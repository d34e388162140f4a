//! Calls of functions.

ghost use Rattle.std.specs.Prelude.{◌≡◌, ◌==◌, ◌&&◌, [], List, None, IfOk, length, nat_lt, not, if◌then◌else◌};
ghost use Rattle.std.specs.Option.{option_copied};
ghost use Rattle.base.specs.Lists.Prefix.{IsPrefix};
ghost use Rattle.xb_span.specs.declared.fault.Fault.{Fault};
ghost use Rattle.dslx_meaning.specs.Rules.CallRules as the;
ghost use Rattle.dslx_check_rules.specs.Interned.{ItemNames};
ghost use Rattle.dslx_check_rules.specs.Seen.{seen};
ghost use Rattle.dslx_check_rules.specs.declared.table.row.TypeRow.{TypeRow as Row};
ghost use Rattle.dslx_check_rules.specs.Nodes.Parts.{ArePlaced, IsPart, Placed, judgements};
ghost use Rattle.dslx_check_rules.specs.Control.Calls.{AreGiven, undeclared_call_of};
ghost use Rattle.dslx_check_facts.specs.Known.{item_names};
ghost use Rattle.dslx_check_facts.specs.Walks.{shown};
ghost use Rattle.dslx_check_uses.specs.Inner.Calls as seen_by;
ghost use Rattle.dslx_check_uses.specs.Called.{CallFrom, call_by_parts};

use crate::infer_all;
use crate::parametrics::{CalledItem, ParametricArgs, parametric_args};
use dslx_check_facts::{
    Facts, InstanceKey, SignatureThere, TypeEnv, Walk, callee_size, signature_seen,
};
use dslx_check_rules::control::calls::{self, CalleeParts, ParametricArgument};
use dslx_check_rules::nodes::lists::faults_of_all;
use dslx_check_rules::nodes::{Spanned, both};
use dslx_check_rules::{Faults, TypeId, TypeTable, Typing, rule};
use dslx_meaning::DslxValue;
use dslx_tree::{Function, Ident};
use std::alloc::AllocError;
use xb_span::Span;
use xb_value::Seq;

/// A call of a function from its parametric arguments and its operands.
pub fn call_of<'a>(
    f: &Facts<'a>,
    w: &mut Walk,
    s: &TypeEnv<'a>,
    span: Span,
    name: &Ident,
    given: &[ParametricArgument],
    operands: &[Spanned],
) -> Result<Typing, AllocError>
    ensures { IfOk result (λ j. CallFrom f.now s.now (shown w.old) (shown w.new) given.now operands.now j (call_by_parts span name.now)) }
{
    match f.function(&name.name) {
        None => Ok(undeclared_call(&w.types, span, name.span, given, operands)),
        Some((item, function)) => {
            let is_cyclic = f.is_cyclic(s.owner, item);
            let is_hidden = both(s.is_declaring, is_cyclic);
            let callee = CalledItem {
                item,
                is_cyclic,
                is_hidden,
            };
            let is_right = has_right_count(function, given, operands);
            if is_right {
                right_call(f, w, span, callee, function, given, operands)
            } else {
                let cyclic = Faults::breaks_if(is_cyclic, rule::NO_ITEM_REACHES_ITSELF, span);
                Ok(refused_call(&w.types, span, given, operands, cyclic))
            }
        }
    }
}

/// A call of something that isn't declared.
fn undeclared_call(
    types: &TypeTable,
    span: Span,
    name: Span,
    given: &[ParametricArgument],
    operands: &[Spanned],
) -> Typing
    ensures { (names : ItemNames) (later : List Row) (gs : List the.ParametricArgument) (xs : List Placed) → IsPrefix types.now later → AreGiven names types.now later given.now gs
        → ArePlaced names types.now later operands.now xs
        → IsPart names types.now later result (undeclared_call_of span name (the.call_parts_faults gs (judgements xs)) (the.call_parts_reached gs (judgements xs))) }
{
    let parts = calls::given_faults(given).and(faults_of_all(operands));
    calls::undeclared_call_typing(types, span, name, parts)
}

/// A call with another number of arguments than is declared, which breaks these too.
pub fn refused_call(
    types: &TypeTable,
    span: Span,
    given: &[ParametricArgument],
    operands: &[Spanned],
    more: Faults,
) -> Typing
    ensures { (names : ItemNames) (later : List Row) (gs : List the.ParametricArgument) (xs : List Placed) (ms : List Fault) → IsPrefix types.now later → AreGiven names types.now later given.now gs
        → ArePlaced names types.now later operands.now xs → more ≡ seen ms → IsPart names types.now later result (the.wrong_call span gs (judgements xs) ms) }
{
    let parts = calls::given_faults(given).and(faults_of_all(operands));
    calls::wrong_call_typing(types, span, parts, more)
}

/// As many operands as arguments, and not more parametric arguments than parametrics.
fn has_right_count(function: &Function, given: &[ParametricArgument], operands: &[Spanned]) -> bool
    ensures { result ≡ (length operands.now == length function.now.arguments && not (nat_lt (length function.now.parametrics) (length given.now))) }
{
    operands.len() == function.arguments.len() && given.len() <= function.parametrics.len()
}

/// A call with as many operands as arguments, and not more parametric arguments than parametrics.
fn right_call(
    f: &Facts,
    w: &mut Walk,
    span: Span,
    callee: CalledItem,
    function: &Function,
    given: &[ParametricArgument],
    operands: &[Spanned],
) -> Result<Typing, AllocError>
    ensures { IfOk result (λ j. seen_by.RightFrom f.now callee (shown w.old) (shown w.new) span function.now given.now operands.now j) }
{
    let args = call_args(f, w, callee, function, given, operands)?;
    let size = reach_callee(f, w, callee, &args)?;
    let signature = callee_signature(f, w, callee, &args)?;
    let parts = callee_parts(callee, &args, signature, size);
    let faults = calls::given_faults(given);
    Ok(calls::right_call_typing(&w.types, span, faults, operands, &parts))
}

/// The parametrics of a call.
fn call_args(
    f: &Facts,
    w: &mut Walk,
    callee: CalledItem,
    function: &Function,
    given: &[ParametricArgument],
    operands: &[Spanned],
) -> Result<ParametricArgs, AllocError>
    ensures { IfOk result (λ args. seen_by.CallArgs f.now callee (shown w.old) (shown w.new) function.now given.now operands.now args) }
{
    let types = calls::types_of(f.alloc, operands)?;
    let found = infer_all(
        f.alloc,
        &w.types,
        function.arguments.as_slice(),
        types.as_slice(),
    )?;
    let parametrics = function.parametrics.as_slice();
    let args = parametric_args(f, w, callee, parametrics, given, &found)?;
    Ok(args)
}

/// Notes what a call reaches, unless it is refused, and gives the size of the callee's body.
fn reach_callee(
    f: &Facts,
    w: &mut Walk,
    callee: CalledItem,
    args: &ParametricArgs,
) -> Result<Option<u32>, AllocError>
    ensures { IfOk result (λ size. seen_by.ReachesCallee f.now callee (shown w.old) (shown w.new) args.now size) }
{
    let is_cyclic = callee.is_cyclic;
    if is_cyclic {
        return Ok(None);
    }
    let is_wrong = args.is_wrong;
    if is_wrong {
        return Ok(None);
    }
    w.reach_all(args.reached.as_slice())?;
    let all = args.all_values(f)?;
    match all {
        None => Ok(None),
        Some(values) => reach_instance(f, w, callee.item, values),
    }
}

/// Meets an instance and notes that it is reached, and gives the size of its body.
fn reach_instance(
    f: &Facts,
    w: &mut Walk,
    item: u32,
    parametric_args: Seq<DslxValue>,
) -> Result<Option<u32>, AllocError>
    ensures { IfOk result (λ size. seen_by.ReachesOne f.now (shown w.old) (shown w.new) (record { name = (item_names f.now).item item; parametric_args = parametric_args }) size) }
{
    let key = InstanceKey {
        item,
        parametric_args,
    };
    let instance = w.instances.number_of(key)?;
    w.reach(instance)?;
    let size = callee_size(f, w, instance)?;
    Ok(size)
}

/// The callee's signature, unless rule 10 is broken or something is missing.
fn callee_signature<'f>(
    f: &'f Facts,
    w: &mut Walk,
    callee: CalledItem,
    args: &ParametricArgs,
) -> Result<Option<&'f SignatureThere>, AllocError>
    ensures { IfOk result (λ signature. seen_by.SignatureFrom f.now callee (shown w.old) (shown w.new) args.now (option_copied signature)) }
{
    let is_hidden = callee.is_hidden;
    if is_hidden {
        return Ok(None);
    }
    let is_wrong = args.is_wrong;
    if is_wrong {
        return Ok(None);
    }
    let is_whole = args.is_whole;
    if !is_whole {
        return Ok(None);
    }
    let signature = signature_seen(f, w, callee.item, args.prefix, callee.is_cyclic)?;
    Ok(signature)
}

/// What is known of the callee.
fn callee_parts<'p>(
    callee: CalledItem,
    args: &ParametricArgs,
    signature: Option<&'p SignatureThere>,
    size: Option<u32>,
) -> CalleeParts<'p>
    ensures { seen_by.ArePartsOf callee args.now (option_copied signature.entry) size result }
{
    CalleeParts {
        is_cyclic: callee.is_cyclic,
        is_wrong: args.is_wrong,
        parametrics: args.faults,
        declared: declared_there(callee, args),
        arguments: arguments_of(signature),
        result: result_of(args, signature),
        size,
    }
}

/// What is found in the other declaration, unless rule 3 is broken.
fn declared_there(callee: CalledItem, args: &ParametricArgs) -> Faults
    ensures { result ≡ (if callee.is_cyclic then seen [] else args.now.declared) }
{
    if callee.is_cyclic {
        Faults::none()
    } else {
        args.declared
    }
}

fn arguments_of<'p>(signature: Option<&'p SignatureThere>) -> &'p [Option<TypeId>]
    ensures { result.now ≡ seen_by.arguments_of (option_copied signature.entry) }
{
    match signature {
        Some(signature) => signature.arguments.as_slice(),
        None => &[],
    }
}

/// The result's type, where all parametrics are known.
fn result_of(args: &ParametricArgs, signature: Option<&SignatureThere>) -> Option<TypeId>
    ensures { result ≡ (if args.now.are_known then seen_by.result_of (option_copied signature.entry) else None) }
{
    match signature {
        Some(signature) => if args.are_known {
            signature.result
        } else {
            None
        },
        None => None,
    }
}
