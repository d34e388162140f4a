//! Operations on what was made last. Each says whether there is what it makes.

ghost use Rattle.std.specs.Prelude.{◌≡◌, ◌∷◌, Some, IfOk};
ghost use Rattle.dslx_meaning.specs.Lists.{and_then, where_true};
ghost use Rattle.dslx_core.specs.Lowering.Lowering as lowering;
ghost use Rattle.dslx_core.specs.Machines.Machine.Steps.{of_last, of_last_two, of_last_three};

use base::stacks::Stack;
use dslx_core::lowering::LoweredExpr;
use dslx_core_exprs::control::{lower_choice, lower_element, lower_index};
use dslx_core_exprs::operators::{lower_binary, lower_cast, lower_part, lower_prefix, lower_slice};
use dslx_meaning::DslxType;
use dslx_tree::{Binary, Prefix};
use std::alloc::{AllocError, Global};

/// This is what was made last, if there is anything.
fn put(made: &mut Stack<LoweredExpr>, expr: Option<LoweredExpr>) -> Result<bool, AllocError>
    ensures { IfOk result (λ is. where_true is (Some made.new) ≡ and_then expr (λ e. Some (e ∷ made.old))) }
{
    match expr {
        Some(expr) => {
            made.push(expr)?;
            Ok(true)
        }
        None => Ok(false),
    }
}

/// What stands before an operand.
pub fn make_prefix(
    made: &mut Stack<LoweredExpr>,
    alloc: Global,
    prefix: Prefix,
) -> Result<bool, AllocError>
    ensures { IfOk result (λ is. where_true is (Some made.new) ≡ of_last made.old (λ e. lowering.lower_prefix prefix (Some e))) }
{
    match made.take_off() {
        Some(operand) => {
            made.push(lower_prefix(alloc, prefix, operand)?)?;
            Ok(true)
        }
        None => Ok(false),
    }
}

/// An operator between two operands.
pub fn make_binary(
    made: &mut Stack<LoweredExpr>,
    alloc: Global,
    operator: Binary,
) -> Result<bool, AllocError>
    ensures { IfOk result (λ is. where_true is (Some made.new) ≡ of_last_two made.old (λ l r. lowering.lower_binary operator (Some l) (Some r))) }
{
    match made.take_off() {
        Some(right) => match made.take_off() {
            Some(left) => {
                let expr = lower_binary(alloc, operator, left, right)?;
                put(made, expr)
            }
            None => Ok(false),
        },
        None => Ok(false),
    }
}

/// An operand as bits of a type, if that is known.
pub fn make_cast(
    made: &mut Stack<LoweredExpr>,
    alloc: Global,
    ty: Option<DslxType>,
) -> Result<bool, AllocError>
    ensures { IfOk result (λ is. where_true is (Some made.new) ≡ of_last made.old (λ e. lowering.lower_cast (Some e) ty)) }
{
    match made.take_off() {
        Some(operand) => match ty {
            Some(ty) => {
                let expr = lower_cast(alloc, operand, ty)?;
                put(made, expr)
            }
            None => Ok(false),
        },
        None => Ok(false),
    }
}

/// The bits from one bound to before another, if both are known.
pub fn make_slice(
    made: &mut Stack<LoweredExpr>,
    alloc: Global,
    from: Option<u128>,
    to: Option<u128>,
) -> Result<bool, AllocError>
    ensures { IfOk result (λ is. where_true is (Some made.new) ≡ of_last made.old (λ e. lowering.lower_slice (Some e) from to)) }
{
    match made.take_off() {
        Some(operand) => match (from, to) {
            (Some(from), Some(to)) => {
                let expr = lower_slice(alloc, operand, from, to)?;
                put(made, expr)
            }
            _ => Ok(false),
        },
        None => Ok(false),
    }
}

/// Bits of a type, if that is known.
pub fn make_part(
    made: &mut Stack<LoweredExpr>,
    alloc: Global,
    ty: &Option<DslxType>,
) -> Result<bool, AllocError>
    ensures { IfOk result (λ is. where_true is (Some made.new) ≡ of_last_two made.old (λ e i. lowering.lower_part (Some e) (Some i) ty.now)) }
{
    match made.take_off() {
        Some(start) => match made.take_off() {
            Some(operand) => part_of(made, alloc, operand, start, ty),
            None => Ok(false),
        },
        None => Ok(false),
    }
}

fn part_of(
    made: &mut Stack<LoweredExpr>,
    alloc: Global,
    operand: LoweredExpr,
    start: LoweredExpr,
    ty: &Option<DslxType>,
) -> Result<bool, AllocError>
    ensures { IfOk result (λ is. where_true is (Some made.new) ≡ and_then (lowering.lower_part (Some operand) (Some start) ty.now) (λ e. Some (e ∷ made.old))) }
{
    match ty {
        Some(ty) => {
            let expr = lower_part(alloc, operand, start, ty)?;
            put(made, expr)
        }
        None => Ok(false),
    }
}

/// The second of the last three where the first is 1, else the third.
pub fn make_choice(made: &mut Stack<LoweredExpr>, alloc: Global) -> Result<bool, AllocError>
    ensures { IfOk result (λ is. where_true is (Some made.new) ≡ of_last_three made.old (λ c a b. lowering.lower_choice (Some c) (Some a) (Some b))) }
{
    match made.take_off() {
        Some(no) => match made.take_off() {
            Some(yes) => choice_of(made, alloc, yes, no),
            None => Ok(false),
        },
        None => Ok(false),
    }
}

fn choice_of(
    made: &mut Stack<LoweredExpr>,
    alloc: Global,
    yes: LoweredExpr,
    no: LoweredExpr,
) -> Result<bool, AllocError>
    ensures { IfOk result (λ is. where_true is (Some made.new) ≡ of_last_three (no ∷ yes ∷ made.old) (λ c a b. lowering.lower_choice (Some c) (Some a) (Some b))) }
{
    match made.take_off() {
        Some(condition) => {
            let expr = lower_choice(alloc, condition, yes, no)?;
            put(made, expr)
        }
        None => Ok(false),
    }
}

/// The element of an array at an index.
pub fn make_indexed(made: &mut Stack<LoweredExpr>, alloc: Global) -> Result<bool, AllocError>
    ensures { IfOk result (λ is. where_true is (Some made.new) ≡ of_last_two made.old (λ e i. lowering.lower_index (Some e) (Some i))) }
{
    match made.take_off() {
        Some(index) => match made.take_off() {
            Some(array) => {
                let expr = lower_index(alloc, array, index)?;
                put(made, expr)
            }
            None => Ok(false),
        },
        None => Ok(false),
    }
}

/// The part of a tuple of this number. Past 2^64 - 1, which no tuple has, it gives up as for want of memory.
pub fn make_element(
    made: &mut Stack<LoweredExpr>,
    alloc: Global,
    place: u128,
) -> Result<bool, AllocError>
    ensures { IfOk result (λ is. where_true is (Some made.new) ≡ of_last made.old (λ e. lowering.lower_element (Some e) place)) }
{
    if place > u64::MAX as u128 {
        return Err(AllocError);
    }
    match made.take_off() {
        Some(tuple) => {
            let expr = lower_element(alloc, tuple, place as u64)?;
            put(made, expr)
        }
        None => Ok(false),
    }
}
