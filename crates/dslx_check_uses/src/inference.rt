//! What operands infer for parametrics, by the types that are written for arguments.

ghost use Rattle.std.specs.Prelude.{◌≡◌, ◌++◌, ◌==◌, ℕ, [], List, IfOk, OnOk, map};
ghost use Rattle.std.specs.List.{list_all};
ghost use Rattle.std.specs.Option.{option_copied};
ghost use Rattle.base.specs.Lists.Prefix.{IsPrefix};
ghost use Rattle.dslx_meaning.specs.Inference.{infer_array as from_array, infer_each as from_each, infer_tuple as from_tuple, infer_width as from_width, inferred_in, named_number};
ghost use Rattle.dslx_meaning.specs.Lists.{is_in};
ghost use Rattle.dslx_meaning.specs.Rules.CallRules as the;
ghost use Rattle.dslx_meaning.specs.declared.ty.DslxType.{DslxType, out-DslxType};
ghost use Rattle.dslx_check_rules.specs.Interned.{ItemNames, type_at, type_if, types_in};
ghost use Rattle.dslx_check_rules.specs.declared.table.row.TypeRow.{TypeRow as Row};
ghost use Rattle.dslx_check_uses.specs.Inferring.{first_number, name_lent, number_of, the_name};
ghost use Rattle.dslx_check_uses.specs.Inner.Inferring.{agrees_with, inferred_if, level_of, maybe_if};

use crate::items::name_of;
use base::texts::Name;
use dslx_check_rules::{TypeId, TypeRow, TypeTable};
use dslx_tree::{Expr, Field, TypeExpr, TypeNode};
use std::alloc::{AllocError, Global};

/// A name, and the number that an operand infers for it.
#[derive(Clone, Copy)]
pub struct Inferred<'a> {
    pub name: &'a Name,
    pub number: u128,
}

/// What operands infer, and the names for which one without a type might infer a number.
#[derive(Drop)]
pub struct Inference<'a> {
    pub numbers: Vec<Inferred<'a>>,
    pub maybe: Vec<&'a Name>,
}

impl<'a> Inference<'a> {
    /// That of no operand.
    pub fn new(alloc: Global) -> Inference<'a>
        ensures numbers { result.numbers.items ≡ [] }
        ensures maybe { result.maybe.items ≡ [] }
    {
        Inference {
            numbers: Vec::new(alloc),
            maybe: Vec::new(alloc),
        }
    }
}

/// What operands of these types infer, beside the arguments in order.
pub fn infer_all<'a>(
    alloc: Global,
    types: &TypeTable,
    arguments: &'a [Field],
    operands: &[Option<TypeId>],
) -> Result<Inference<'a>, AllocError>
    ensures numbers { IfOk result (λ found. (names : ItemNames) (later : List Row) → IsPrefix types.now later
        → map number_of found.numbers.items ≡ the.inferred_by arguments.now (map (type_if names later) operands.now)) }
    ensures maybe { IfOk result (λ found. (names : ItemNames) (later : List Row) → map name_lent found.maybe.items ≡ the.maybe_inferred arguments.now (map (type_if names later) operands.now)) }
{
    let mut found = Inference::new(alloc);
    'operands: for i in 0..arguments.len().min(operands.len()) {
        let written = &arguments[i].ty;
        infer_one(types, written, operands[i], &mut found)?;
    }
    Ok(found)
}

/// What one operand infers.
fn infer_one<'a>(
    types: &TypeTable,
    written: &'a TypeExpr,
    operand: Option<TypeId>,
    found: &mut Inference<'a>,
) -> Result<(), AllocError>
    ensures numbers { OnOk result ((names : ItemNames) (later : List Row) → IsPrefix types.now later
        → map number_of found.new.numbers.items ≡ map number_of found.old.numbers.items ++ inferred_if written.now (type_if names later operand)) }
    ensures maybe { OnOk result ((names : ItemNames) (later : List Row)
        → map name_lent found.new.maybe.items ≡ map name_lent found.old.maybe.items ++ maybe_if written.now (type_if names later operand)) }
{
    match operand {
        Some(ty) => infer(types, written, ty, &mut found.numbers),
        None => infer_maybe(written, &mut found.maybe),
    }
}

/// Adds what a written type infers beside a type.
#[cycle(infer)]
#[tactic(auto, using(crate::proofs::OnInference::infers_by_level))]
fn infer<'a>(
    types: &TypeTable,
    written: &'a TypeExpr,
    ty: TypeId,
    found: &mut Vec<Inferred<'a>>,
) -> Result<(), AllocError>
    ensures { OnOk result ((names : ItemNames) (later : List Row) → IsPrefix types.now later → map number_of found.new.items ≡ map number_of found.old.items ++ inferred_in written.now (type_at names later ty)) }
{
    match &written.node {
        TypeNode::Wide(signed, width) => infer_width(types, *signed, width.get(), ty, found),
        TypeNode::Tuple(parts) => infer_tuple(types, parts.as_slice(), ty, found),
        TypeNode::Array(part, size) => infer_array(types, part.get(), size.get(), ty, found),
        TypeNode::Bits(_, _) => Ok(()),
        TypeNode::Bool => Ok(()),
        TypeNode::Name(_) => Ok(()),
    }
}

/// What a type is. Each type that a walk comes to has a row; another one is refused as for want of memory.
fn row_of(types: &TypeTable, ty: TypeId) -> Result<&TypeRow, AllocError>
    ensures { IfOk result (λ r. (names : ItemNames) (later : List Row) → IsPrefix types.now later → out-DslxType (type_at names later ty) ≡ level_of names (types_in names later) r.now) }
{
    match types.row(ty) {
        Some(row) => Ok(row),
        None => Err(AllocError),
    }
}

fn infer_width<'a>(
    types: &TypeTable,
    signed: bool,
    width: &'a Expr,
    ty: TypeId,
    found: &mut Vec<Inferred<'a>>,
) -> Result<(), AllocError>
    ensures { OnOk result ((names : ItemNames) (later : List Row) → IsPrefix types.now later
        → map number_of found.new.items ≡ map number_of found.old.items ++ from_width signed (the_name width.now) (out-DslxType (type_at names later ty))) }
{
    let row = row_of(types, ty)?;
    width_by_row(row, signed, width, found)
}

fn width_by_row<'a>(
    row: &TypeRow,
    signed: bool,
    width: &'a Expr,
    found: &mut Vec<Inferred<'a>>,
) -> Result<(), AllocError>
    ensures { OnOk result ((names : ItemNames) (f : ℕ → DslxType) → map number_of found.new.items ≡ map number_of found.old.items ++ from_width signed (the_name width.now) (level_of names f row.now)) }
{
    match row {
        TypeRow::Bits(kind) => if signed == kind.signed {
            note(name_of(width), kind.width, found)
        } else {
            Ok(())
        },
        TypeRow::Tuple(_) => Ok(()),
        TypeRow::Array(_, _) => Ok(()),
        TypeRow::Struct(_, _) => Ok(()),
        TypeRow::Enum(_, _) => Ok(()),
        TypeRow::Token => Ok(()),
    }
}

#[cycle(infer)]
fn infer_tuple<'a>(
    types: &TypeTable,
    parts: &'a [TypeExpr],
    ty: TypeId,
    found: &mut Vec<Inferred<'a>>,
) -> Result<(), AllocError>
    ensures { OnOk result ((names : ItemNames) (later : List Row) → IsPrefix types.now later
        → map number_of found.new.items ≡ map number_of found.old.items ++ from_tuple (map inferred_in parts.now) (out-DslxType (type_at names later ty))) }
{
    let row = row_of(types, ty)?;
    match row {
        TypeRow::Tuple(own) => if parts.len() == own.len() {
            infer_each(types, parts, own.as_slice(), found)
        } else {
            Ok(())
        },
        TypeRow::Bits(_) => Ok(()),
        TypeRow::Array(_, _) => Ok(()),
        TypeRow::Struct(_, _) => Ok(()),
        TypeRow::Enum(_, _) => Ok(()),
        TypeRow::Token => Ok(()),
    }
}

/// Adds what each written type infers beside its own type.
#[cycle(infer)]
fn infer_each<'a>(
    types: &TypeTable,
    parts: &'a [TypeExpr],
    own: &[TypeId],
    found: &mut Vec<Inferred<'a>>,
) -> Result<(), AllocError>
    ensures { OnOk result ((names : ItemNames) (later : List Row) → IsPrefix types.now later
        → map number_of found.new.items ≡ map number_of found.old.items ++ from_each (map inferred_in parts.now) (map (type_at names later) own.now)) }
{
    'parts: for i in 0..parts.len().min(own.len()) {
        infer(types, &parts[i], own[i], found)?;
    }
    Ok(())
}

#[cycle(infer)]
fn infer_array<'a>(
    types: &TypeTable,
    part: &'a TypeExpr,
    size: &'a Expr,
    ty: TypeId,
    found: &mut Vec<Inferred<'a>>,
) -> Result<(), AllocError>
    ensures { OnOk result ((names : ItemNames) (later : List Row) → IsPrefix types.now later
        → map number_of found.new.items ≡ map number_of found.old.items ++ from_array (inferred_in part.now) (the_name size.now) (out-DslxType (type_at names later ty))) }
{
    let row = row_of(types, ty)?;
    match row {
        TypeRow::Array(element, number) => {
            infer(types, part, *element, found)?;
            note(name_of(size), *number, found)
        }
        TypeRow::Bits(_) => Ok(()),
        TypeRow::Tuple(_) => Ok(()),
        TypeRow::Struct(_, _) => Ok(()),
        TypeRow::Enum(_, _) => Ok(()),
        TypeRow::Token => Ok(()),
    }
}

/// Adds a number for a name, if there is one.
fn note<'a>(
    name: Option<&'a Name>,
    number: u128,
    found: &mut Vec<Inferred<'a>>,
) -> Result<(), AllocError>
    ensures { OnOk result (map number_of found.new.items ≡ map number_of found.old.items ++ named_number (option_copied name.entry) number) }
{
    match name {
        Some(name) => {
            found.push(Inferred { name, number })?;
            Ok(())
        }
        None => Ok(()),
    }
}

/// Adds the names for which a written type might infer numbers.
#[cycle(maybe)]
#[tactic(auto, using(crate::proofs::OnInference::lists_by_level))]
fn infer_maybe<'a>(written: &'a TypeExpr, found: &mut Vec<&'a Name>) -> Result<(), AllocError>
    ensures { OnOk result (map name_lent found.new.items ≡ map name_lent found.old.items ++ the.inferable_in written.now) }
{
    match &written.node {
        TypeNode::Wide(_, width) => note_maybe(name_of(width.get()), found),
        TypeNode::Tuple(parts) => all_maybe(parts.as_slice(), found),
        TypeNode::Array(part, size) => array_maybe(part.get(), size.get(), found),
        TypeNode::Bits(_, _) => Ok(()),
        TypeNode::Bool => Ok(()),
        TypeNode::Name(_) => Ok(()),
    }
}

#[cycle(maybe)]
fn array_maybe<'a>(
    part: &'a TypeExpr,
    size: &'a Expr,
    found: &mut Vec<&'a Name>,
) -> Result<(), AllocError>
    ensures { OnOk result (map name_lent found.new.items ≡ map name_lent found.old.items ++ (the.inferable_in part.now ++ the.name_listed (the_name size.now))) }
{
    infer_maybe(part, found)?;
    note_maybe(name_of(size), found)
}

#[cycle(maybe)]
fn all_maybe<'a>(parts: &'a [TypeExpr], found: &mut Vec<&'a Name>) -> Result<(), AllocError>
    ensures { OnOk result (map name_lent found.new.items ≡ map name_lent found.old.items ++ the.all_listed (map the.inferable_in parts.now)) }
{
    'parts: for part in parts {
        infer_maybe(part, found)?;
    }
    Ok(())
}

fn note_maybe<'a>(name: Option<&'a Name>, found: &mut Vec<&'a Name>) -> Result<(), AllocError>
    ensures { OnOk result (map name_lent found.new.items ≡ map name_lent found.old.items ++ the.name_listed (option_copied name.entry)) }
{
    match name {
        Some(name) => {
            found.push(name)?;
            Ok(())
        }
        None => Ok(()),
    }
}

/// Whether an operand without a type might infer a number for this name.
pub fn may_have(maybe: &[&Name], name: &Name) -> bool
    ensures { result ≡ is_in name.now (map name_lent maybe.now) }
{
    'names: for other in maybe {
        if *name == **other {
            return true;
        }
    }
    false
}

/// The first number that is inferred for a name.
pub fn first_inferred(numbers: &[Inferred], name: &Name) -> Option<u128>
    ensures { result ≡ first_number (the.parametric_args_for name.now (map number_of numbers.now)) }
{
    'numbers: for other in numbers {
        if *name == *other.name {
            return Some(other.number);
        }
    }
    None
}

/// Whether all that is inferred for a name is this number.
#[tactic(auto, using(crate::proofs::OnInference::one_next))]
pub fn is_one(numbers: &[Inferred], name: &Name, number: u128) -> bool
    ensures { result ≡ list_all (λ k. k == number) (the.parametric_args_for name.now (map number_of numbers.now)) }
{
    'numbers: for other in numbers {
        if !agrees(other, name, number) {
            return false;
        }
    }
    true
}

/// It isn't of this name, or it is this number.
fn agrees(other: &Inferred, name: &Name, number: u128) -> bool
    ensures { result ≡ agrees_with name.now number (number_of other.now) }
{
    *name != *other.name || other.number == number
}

Required work
Report all lines above with "want".

Response box
/// The part of a tuple of this number. Past 2^64 - 1, which no tuple has, it gives up as for want of memory.
/// What a type is. Each type that a walk comes to has a row; another one is refused as for want of memory.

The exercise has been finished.